::: Supplied entries :::

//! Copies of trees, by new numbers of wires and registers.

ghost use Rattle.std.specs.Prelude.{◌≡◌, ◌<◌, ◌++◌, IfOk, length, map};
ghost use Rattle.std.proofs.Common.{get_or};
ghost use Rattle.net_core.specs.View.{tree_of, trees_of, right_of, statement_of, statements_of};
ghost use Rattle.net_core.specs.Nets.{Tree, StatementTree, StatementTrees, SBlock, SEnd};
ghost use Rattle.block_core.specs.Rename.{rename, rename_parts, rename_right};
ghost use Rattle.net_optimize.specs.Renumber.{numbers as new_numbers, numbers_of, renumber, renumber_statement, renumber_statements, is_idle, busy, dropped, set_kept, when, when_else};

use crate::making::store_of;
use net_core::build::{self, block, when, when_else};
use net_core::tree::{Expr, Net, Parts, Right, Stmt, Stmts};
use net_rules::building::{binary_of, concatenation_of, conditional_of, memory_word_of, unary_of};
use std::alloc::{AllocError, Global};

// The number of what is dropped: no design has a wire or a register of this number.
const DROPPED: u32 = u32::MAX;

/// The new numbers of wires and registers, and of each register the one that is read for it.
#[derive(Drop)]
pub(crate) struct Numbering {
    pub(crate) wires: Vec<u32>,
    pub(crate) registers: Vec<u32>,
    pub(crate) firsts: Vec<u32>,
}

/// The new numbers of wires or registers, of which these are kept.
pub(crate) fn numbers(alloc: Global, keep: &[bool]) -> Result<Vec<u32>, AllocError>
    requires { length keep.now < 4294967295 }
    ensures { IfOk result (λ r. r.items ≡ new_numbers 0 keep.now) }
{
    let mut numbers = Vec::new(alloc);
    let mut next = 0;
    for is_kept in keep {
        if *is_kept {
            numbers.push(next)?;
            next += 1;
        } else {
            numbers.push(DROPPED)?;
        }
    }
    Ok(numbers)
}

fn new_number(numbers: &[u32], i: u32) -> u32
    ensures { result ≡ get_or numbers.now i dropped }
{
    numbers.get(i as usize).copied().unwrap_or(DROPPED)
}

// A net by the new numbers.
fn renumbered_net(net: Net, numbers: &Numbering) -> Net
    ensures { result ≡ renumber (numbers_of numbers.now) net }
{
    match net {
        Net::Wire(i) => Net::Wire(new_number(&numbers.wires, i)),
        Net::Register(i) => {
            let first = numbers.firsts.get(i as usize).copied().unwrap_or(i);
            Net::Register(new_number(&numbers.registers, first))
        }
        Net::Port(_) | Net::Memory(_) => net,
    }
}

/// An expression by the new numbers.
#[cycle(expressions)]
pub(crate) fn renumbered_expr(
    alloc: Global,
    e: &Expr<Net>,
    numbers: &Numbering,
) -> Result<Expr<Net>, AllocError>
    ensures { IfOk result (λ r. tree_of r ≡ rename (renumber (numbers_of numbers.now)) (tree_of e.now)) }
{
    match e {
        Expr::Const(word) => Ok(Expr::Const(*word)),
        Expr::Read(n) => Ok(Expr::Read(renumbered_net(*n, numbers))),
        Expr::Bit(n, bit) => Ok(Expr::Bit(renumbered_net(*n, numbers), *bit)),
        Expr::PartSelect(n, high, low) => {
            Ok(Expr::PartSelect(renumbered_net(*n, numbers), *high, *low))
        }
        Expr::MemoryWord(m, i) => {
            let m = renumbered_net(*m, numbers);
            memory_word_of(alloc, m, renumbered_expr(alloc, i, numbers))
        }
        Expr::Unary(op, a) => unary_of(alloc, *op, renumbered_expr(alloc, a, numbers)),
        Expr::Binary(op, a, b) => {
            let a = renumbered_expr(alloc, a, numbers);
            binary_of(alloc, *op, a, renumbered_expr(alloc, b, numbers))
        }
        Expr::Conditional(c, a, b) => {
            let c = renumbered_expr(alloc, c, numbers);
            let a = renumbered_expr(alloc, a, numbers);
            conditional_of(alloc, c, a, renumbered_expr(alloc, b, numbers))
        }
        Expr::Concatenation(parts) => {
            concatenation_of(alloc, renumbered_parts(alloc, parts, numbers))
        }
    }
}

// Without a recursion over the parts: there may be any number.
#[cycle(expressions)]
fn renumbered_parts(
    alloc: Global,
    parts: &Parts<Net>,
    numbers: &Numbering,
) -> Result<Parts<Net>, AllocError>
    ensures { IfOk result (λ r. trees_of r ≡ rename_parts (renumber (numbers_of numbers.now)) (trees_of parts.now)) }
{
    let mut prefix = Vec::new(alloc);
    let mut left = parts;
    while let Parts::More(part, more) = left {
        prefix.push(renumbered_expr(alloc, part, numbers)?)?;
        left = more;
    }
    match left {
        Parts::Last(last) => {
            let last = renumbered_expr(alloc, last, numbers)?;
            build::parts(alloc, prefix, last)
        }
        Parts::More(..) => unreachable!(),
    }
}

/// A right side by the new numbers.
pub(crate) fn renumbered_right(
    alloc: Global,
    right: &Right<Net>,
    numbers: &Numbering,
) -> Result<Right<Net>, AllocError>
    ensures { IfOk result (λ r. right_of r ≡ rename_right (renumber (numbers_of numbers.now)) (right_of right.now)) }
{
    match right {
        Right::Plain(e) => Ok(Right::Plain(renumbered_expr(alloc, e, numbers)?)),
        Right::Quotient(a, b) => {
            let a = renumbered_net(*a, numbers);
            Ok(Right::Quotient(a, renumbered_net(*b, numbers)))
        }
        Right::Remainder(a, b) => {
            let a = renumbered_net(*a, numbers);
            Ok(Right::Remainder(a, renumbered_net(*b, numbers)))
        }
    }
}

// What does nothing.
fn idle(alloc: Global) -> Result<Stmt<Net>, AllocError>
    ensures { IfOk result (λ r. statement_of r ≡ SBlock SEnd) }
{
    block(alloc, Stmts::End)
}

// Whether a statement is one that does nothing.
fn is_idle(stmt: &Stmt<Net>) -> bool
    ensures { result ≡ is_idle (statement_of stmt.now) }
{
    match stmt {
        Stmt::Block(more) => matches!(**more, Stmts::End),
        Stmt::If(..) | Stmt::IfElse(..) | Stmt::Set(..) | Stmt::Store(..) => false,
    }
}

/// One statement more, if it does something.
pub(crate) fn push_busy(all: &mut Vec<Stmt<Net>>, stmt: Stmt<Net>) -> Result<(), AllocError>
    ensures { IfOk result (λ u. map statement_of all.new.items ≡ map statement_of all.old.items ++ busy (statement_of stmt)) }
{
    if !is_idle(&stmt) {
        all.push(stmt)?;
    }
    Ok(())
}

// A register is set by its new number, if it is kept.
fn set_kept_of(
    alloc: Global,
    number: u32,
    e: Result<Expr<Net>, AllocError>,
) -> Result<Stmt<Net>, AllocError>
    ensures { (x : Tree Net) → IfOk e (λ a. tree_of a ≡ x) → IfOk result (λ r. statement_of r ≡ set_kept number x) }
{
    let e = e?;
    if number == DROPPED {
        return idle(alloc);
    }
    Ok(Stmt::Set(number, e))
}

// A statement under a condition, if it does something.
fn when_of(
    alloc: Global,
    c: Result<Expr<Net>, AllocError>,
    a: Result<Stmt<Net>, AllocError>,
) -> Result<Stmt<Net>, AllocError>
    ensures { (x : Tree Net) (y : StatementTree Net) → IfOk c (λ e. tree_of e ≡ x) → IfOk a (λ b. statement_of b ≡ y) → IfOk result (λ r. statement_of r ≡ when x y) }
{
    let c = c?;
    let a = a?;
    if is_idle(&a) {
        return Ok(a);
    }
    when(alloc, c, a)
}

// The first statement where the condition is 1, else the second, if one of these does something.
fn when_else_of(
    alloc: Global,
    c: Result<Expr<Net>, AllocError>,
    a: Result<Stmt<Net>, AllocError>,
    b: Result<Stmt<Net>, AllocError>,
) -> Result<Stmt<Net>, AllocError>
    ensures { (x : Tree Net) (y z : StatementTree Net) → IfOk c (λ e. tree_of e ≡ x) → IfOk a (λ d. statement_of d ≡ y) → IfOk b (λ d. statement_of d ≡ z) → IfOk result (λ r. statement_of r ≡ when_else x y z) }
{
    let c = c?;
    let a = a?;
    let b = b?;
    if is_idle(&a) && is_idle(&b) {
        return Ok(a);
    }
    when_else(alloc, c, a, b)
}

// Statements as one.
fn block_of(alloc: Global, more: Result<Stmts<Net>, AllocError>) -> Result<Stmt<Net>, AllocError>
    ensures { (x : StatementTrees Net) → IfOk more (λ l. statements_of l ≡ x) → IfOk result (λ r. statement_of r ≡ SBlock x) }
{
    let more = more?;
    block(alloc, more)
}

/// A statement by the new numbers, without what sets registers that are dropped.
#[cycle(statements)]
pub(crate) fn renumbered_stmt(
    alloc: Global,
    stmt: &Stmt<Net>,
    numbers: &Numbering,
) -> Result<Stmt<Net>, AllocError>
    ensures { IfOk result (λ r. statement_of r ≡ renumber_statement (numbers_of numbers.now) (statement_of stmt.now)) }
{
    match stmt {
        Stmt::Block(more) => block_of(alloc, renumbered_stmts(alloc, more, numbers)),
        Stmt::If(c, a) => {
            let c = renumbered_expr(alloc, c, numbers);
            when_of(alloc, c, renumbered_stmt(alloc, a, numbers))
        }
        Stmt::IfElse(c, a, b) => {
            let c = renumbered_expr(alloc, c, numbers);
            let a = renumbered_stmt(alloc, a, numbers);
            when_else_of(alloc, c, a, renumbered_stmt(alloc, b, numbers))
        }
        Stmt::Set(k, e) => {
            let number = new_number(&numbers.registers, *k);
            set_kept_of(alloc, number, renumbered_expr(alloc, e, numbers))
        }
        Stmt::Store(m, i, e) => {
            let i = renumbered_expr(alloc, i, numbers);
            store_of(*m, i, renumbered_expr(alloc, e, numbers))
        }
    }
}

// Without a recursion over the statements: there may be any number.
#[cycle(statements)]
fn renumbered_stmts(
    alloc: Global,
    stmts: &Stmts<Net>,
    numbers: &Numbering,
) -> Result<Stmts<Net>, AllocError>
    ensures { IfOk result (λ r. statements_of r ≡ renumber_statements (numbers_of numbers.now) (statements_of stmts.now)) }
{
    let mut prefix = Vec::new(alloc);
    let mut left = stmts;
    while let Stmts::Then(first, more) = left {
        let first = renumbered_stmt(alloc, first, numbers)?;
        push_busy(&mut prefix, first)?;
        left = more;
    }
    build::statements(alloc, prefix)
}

:::

● What to do
Go through the records line by line and count those that contain the string "over". Answer with the count alone.

● Result of this exercise
2